I resisted all the cheery pointsettias, and looked in vain for a package of "dishwasher salt" to reduce the lime deposits and general gunkiness in the dishwasher. There was nothing of the sort to be seen.

While at the checkout, I asked the helpful young man if they sold "dishwasher salt". They did, he said, down past the lumber. Did I need a large quantity? I had just figured it came in a box or jar or something. What was a large quantity? No sooner had these words left my lips than a woman approached with a cart ("trolley") FILLED with four BAGS of dishwasher salt. These bags were larger than the large sacks of ice-melting salt that we buy in New England. They must have weighed fifty pounds each. Either this gal does a LOT of dishes, was buying them for some industrial application, or has a water-softener system for the whole house (see Lunch at John Stuart Mill's House posted previously).

As it was nearing 3 pm by this time I set out from Home Base to catch a bus that deposited me right on Circus Road near Sir You-Know-Who's house and the Dangerous Hospital Driveway. I managed to make it the rest of the way home without incident, except for the realization that the annoying dry sensation in my mouth really was an oncoming migraine. I retired to bed with a pill for a short nap, and awoke to make us sweet and sour pork for dinner.

Tomorrow will be Tidy Friday and Baking Day.

Oooh!! Cake Update. Last week I went through the hospital corridors to get to the pharmacy (see migraine pill above) and saw the Famous Fabian, Blogstar. He had been looking for me to say how much he enjoyed the sour cream coffee cake that I had delivered to Reception before I left for the US. I don't think he realized that I had been away from London.
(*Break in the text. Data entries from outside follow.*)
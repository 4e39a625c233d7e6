ghost use Rattle.std.specs.Prelude.{◌≡◌, ◌*◌, ◌≤◌, ◌++◌, ◌||◌, [], length, IfOk, OnOk};
ghost use Rattle.space_model.specs.Space.{Space, top_of};
ghost use Rattle.report_model.specs.Report.{console_of};
ghost use Rattle.run_model.specs.Console.{most_output};
ghost use Rattle.round_eval.specs.Apart.{RootWithin, Shows, ShowsThen};
ghost use Rattle.round_eval.specs.Later.{IsLater};

use crate::beside::{RootDone, begin_root, end_root, run_root};
use crate::engine::Engine;
use crate::hints::Hints;
use crate::round::round;
use arrayvec::ArrayVec;
use det_core::meet;
use space_tree::{Space, Top};
use std::alloc::AllocError;
use std::mem;
use std::thread::Threads;

// The fuel of a top that stands in another's place. It is never run.
const NO_MATTER: u32 = 1;

// For how many events a root goes on in its place before the spaces below it go on beside it.
const TRIAL: u32 = 2048;

// Whether one of the two is so.
fn either(first: bool, second: bool) -> bool
    ensures { result ≡ (first || second) }
{
    first || second
}

// Appends what was written to what is ready.
fn append(output: &mut Vec<u8>, written: Vec<u8>) -> Result<(), AllocError>
    ensures { OnOk result (output.new.items ≡ output.old.items ++ written.items) }
{
    if output.is_empty() {
        *output = written;
        return Ok(());
    }
    output.extend_from_slice(&written)
}

// The root goes on in its place, for so many events at most. It answers whether there was one, and keeps whether there were as many.
#[tactic(auto, using(crate::proofs::RootFirst::root_went, crate::proofs::RootFirst::root_shows))]
fn advance_root(
    engine: &mut Engine,
    space: &mut Space,
    events: u32,
    output: &mut Vec<u8>,
) -> Result<bool, AllocError>
    requires { 1 ≤ events }
    ensures ok { IfOk result (λ some. IsLater some space.old space.new) }
    ensures shows { OnOk result (Shows events output.old.items output.new.items space.old space.new) }
{
    let mut written = Vec::new(engine.alloc);
    let (ran, came_through) = run_root(&mut space.top, events, &mut engine.cache, &mut written)?;
    engine.root_runs = came_through;
    append(output, written)?;
    Ok(ran > 0)
}

// A round, where the hints say, of the spaces below the root, whose top is out of the tree meanwhile: one that has stopped stands in its place.
fn round_below(
    rt: &(impl Threads + Sync),
    engine: &mut Engine,
    space: &mut Space,
) -> Result<bool, AllocError>
    ensures ok { IfOk result (λ some. IsLater some space.old space.new) }
    ensures root { OnOk result (top_of space.new ≡ top_of space.old) }
{
    let place = Top::fresh(engine.alloc, NO_MATTER);
    let root = mem::replace(&mut space.top, place);
    let some = round(rt, engine, space)?;
    space.top = root;
    Ok(some)
}

// As `round_below`, while the root goes on in a thread of its own, for so many events at most.
fn round_beside(
    rt: &(impl Threads + Sync),
    engine: &mut Engine,
    space: &mut Space,
    events: u32,
    output: &mut Vec<u8>,
) -> Result<bool, AllocError>
    requires { 1 ≤ events }
    ensures ok { IfOk result (λ some. IsLater some space.old space.new) }
    ensures shows { OnOk result (Shows events output.old.items output.new.items space.old space.new) }
{
    engine.pace.keep_step();
    let pace = engine.pace.share()?;
    let place = Top::fresh(engine.alloc, NO_MATTER);
    let root = mem::replace(&mut space.top, place);
    let begun = begin_root(rt, engine.alloc, root, events, pace);
    let below = round(rt, engine, space);
    let RootDone {
        top,
        ran,
        came_through,
        output: written,
    } = end_root(rt, begun)?;
    let some = below?;
    space.top = top;
    engine.root_runs = came_through;
    append(output, written)?;
    Ok(either(ran > 0, some))
}

// Behind its first events a root that goes on does so for so many more at most: beside the spaces below it, where some of them run. Where it does not go on, they have a round.
#[tactic(auto, using(crate::proofs::RootFirst::shows_quiet))]
fn go_further(
    rt: &(impl Threads + Sync),
    engine: &mut Engine,
    space: &mut Space,
    events: u32,
    output: &mut Vec<u8>,
) -> Result<bool, AllocError>
    ensures ok { IfOk result (λ some. IsLater some space.old space.new) }
    ensures shows { OnOk result (Shows events output.old.items output.new.items space.old space.new) }
{
    if events == 0 || !engine.root_runs {
        let some = round_below(rt, engine, space)?;
        return Ok(some);
    }
    if engine.hints.some_run() {
        round_beside(rt, engine, space, events, output)
    } else {
        advance_root(engine, space, events, output)
    }
}

// The root goes on for the quantum at most, and the spaces below it have a round.
fn go_all(
    rt: &(impl Threads + Sync),
    engine: &mut Engine,
    space: &mut Space,
    quantum: u32,
    output: &mut Vec<u8>,
) -> Result<bool, AllocError>
    requires { 1 ≤ quantum }
    ensures ok { IfOk result (λ some. IsLater some space.old space.new) }
    ensures shows { OnOk result (Shows quantum output.old.items output.new.items space.old space.new) }
{
    engine.pace.begin();
    let first = quantum.min(TRIAL);
    let went = advance_root(engine, space, first, output)?;
    engine.note_root(went);
    let more = go_further(rt, engine, space, quantum - first, output)?;
    Ok(went || more)
}

// The call of the root meets its children, where its time has come.
fn meet_root(engine: &mut Engine, space: &mut Space) -> Result<bool, AllocError>
    ensures ok { IfOk result (λ some. IsLater some space.old space.new) }
    ensures console { OnOk result (console_of space.new ≡ console_of space.old) }
{
    let root = ArrayVec::new();
    match meet(engine.alloc, space, &root)? {
        Some(call) => {
            engine.hints.met_below(&root, call)?;
            engine.hints.hurry();
            Ok(true)
        }
        None => Ok(false),
    }
}

// A round where the hints say, and then the call of the root meets its children.
fn round_hinted(
    rt: &(impl Threads + Sync),
    engine: &mut Engine,
    space: &mut Space,
    quantum: u32,
    output: &mut Vec<u8>,
) -> Result<bool, AllocError>
    requires { 1 ≤ quantum }
    ensures ok { IfOk result (λ some. IsLater some space.old space.new) }
    ensures shows { OnOk result (ShowsThen quantum output.old.items output.new.items space.old space.new) }
{
    let went = go_all(rt, engine, space, quantum, output)?;
    let met = meet_root(engine, space)?;
    Ok(went || met)
}

// As `round_below`, where a search of the tree says.
fn search_below(
    rt: &(impl Threads + Sync),
    engine: &mut Engine,
    space: &mut Space,
) -> Result<bool, AllocError>
    ensures ok { IfOk result (λ some. IsLater some space.old space.new) }
    ensures console { OnOk result (console_of space.new ≡ console_of space.old) }
{
    engine.hints = Hints::search(engine.alloc, space)?;
    round_below(rt, engine, space)
}

// A round where the hints say, and where it finds nothing, one below the root where a search of the tree says.
#[tactic(auto, using(crate::proofs::Later::then_second, crate::proofs::RootFirst::shows_still))]
fn round_found(
    rt: &(impl Threads + Sync),
    engine: &mut Engine,
    space: &mut Space,
    quantum: u32,
    output: &mut Vec<u8>,
) -> Result<bool, AllocError>
    requires { 1 ≤ quantum }
    ensures ok { IfOk result (λ some. IsLater some space.old space.new) }
    ensures shows { OnOk result (ShowsThen quantum output.old.items output.new.items space.old space.new) }
{
    let hinted = round_hinted(rt, engine, space, quantum, output)?;
    if hinted {
        return Ok(hinted);
    }
    let found = search_below(rt, engine, space)?;
    Ok(found)
}

/// One round in which the root goes on apart: for the quantum at most, first by itself and then beside the spaces below it, which have a round as they do in `rounds`; then its
/// call meets its children, where its time has come. What the root writes to its console is put into the output, which is empty. Where the hints say
/// of no event, all of the tree is looked at. It answers whether there was an event. The one error is want of memory.
#[tactic(auto, using(crate::proofs::RootFirst::shows_all))]
pub(crate) fn round_apart(
    rt: &(impl Threads + Sync),
    engine: &mut Engine,
    space: &mut Space,
    quantum: u32,
    output: &mut Vec<u8>,
) -> Result<bool, AllocError>
    requires quantum { 1 ≤ quantum }
    requires empty { output.old.items ≡ [] }
    ensures ok { IfOk result (λ some. IsLater some space.old space.new) }
    ensures console { OnOk result (console_of space.new ≡ console_of space.old ++ output.new.items) }
    ensures bound { OnOk result (length output.new.items ≤ quantum * most_output) }
    ensures root { OnOk result (RootWithin quantum space.old space.new) }
{
    let some = round_found(rt, engine, space, quantum, output)?;
    Ok(some)
}
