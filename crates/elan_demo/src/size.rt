//! The size of a report.

/// The size of a report.
#[derive(Clone, Copy, Debug, PartialEq, Eq)]
pub struct Summary {
    /// Results and marks together.
    pub items: u32,
    /// Marks alone.
    pub marks: u32,
    /// The length of the report, in bytes.
    pub bytes: u64,
}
He was so effusively enthusiastic about the cake, which he reported that he had NOT shared with Dr. D or anyone else except one other receptionist, that I was inspired to bring around another baked creation. This time, I tried a new recipe introduced to me over the summer by Brother-in-Law Tom, that of Texas Sheet Cake. I added a few extra ingredients and renamed it Mayan Sheet Cake. I kept one round pan for us, and brought the other around to the hospital around 4 pm.
Alas, Fabian had gone home for the night, but the receptionists on duty were only too happy to take it off my hands.

I went back on Monday to collect my pan and saw Fabian. He was disconsolate that he had missed the Mayan-inspired creation. His co-workers had called him at home to tell him about it, and he said he was almost tempted (on a Friday evening) to turn around and come back. It's probably a good thing he didn't, as I hear that the cake was inhaled by the other staff, once again NOT including the ubiquitious doctor. I guess he's not so ubiquitous after all, as he has not been in the right place at the right time for the past two cakes.

If I get my homework done on time, I shall attempt another caking. If not, I'll bring it around on Saturday morning, when I have to go over to the hospital for.... Hospice volunteer training. That's right, you heard it here first. My "CRB" (Criminal Record Check) form has made it through the system and I am in proud possession of an official-looking certificate which states that I do not have a criminal record!! Now I can be enrolled as a hospice volunteer, which is something I planned on doing here since the move was first formulated. The training will be about cultural sensitivity. The book the in-laws just sent us, called "The Anglo Files" by Sarah Lyall, will come in especially handy!